I am not able to explain why I cannot let myself relax and truly believe I can reach her through any means, I sincerely tried the meditation above,and for brief moment I saw her running and smiling and so young I hardly recognized her,and at this time I began to get feverishly hot from inside out,but it passed within a minute or so. Then I had urge to write this email,again I apologize,its really really way too long! But I don’t feel any connection or peace,just heartache. She’s buried right beyond my kitchen window,but I refuse to go outside to visit her grave. Not yet at least. Even the curtains are drawn and I have made it clear they are to stay closed. How can I find peace and more importantly,how can I be sure she is happy,safe or anything at all? I have never lost my Faith, I was raised by Christians,and I have whittled my own religious beliefs around theirs,but a bit more simplified version of God’s expectations,though still a Christian nonetheless. I have lost five of my dearest friends and family,within these past five years. My Faith never left me, I will admit I was confused and angry sometimes. So how can Sadie,a dog,a pet, cause me so much grief that I question God,and Heaven and our purpose? I begged for a sign or a miracle and finally for a chance to know she’s happy,not at peace,she deserves happy dammit.
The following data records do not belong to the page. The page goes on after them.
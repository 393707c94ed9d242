// The kinds of lines in logins. Browsers and places are numbered from 1.

ghost use Rattle.std.specs.Prelude.{◌≡◌, ◌<◌, ◌^◌, ◌++◌, string_bytes, OnOk};
ghost use Rattle.storm_texts.specs.Lines as spec;

use sso_base::NoMemory;
use std::alloc::Global;

#[tactic(auto, unfolding(crate::specs::Lines::at_line))]
pub(crate) fn push_at(alloc: Global, out: &mut String, seconds: u32) -> Result<(), NoMemory>
    ensures { OnOk result (string_bytes out.new ≡ string_bytes out.old ++ spec.at_line seconds) }
{
    let line = format!(in alloc; "at {seconds}\n")?;
    out.push_str(line.as_str())?;
    Ok(())
}

/// Adds the line: a browser begins a login at a party.
#[tactic(auto, unfolding(crate::specs::Lines::begin_line))]
pub(crate) fn push_begin(
    alloc: Global,
    out: &mut String,
    browser: u32,
    party: &str,
) -> Result<(), NoMemory>
    ensures { OnOk result (string_bytes out.new ≡ string_bytes out.old ++ spec.begin_line browser party.now) }
{
    let line = format!(in alloc; "begin {browser} {party}\n")?;
    out.push_str(line.as_str())?;
    Ok(())
}

/// Adds the line: it follows the location of a place's reply.
#[tactic(auto, unfolding(crate::specs::Lines::follow_line))]
pub(crate) fn push_follow(
    alloc: Global,
    out: &mut String,
    browser: u32,
    place: u64,
) -> Result<(), NoMemory>
    ensures { OnOk result (string_bytes out.new ≡ string_bytes out.old ++ spec.follow_line browser place) }
{
    let line = format!(in alloc; "follow {browser} {place}\n")?;
    out.push_str(line.as_str())?;
    Ok(())
}

/// Adds the line: it posts the login form of a place, with a name and a password.
#[tactic(auto, unfolding(crate::specs::Lines::login_line))]
pub(crate) fn push_login(
    alloc: Global,
    out: &mut String,
    browser: u32,
    place: u64,
    credentials: &str,
) -> Result<(), NoMemory>
    ensures { OnOk result (string_bytes out.new ≡ string_bytes out.old ++ spec.login_line browser place credentials.now) }
{
    let line = format!(in alloc; "login {browser} {place} {credentials}\n")?;
    out.push_str(line.as_str())?;
    Ok(())
}

/// Adds the line: it visits a party.
#[tactic(auto, unfolding(crate::specs::Lines::visit_line))]
pub(crate) fn push_visit(
    alloc: Global,
    out: &mut String,
    browser: u32,
    party: &str,
) -> Result<(), NoMemory>
    ensures { OnOk result (string_bytes out.new ≡ string_bytes out.old ++ spec.visit_line browser party.now) }
{
    let line = format!(in alloc; "visit {browser} {party}\n")?;
    out.push_str(line.as_str())?;
    Ok(())
}

/// Adds the lines: the party's request of a place is carried to the provider, and the answer is returned.
#[tactic(auto, unfolding(crate::specs::Lines::exchange_lines))]
pub(crate) fn push_exchange(alloc: Global, out: &mut String, place: u64) -> Result<(), NoMemory>
    requires { place < 2 ^ 60 }
    ensures { OnOk result (string_bytes out.new ≡ string_bytes out.old ++ spec.exchange_lines place) }
{
    let answer = place + 1;
    let lines = format!(in alloc; "carry {place} 0\nback {place} {answer}\n")?;
    out.push_str(lines.as_str())?;
    Ok(())
}
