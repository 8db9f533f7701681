// A client's end of its line, played by what happens at it.
ghost use Rattle.std.specs.Prelude.{◌≡◌, ◌≤◌, true, length, OnOk, IfOk};
ghost use Rattle.link.specs.Connections.{asking_above};
ghost use Rattle.measured.specs.ClientEnds.{seen_at_client, after_sending_if_any, sending_outcome, heard_outcome, ClientStep};
ghost use Rattle.measured.specs.Ends.{Played};

use crate::datagram_row::{DatagramRow, TEXT};
use crate::event::{ANSWER, BEGIN, Event, HEAR, MESSAGE, Outcome, PACKET, SAW, SEND, TICK};
use link::client_end::{Again, ClientEnd, Heard};
use link::datagram::{Acknowledgement, Datagram};
use link::message::FromClient;
use std::alloc::{AllocError, Global};

// What is seen of it.
fn see(end: &ClientEnd, event: Event) -> Outcome
    ensures { result ≡ seen_at_client event end.now }
{
    let DatagramRow {
        kind,
        connection,
        number,
        ..
    } = event.datagram;
    match event.kind {
        TICK => match end.tick() {
            Again::Ask => Outcome::answered(2),
            Again::Messages(numbers) => Outcome::numbered(1, numbers),
        },
        PACKET => {
            let admitted = if kind == TEXT {
                end.admit_text(connection, number)
            } else {
                end.admit_entry(connection, number)
            };
            match admitted {
                Ok(()) => Outcome::answered(1),
                Err(refusal) => Outcome::refused(refusal),
            }
        }
        MESSAGE => match end.packet(number) {
            None => Outcome::answered(0),
            Some(packet) => Outcome::shown(DatagramRow::of_client(Datagram::Packet(packet))),
        },
        ANSWER => match end.answer() {
            None => Outcome::answered(0),
            Some(acknowledgement) => Outcome::shown(DatagramRow::of_acknowledgement(
                acknowledgement,
            )),
        },
        _ => Outcome {
            after: end.highest(),
            count: u32::from(end.is_asking()),
            ..Outcome::answered(1)
        },
    }
}

fn heard(heard: Heard) -> Outcome
    ensures { result ≡ heard_outcome heard }
{
    match heard {
        Heard::Nothing => Outcome::answered(0),
        Heard::MaySend(numbers) => Outcome::numbered(1, numbers),
        Heard::Ended => Outcome::answered(2),
    }
}

// It has a message to send, or none.
fn send(end: &mut ClientEnd, message: Option<FromClient>) -> Result<Outcome, AllocError>
    ensures after { OnOk result (end.new ≡ after_sending_if_any message end.old) }
    ensures outcome { IfOk result (λ o. o ≡ sending_outcome message end.old) }
{
    match message {
        None => Ok(Outcome::answered(0)),
        Some(message) => Ok(Outcome::numbered_if_any(end.send(message)?)),
    }
}

// What happens to it.
fn step(alloc: Global, end: &mut ClientEnd, event: Event) -> Result<Outcome, AllocError>
    ensures { IfOk result (λ o. ClientStep end.old event o end.new) }
{
    let datagram = event.datagram;
    match event.kind {
        HEAR => Ok(heard(end.hear(Acknowledgement {
            connection: datagram.connection,
            last: datagram.number,
        }))),
        BEGIN => {
            end.begin(alloc, datagram.connection);
            Ok(Outcome::answered(1))
        }
        SAW => {
            end.saw_entry();
            Ok(Outcome::answered(1))
        }
        SEND => send(end, datagram.from_client()),
        _ => Ok(see(end, event)),
    }
}

// The outcomes are written at the front.
fn play(
    alloc: Global,
    highest: u32,
    events: &[Event],
    outcomes: &mut [Outcome],
) -> Result<(), AllocError>
    requires { length events.now ≤ length outcomes.old }
    ensures { OnOk result (Played ClientStep (asking_above highest) events.now outcomes.old outcomes.new) }
{
    let mut end = ClientEnd::new(highest);
    for (i, event) in events.iter().enumerate() {
        outcomes[i] = step(alloc, &mut end, *event)?;
    }
    Ok(())
}

// What happens at a new client's end, one after the other, and what comes of each. Where memory is wanting, or room for the outcomes, the
// answer is false.
#[unsafe(no_mangle)]
pub extern "C" fn measured_client_end(
    alloc: Global,
    highest: u32,
    events: &[Event],
    outcomes: &mut [Outcome],
) -> bool
    ensures { result ≡ true → Played ClientStep (asking_above highest) events.now outcomes.old outcomes.new }
{
    events.len() <= outcomes.len() && play(alloc, highest, events, outcomes).is_ok()
}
But nothing, so that must mean there’s nothing? This is it? I am in a dilemma,a catch 22,or whatever the saying is.. I must either believe God is so sure of himself that he ignores cries of his faithful believers to send a simple sign,and in return I get to go to Heaven and see my beloveds-assuming God has a place in Heaven for dogs,who knows?? Dogs are innocents,as are children,so it’s only fair,right? Now let’s see,that just leaves me one other choice,and if I refuse to believe God is so callous then it must mean there is no God,which means no Heaven and no reunion. No happy place for Sadie Rose. And finally, there is a God who can be merciful,to someone somewhere,and I have Faith this is all justifiable,shut out that voice in my head that says no way could I follow such a cruel deity,once again landing me nowhere near to Heaven and my loved ones. Guess I am lil tired, I am officially rambling. Just thought I would share with you the things that make me go hmm.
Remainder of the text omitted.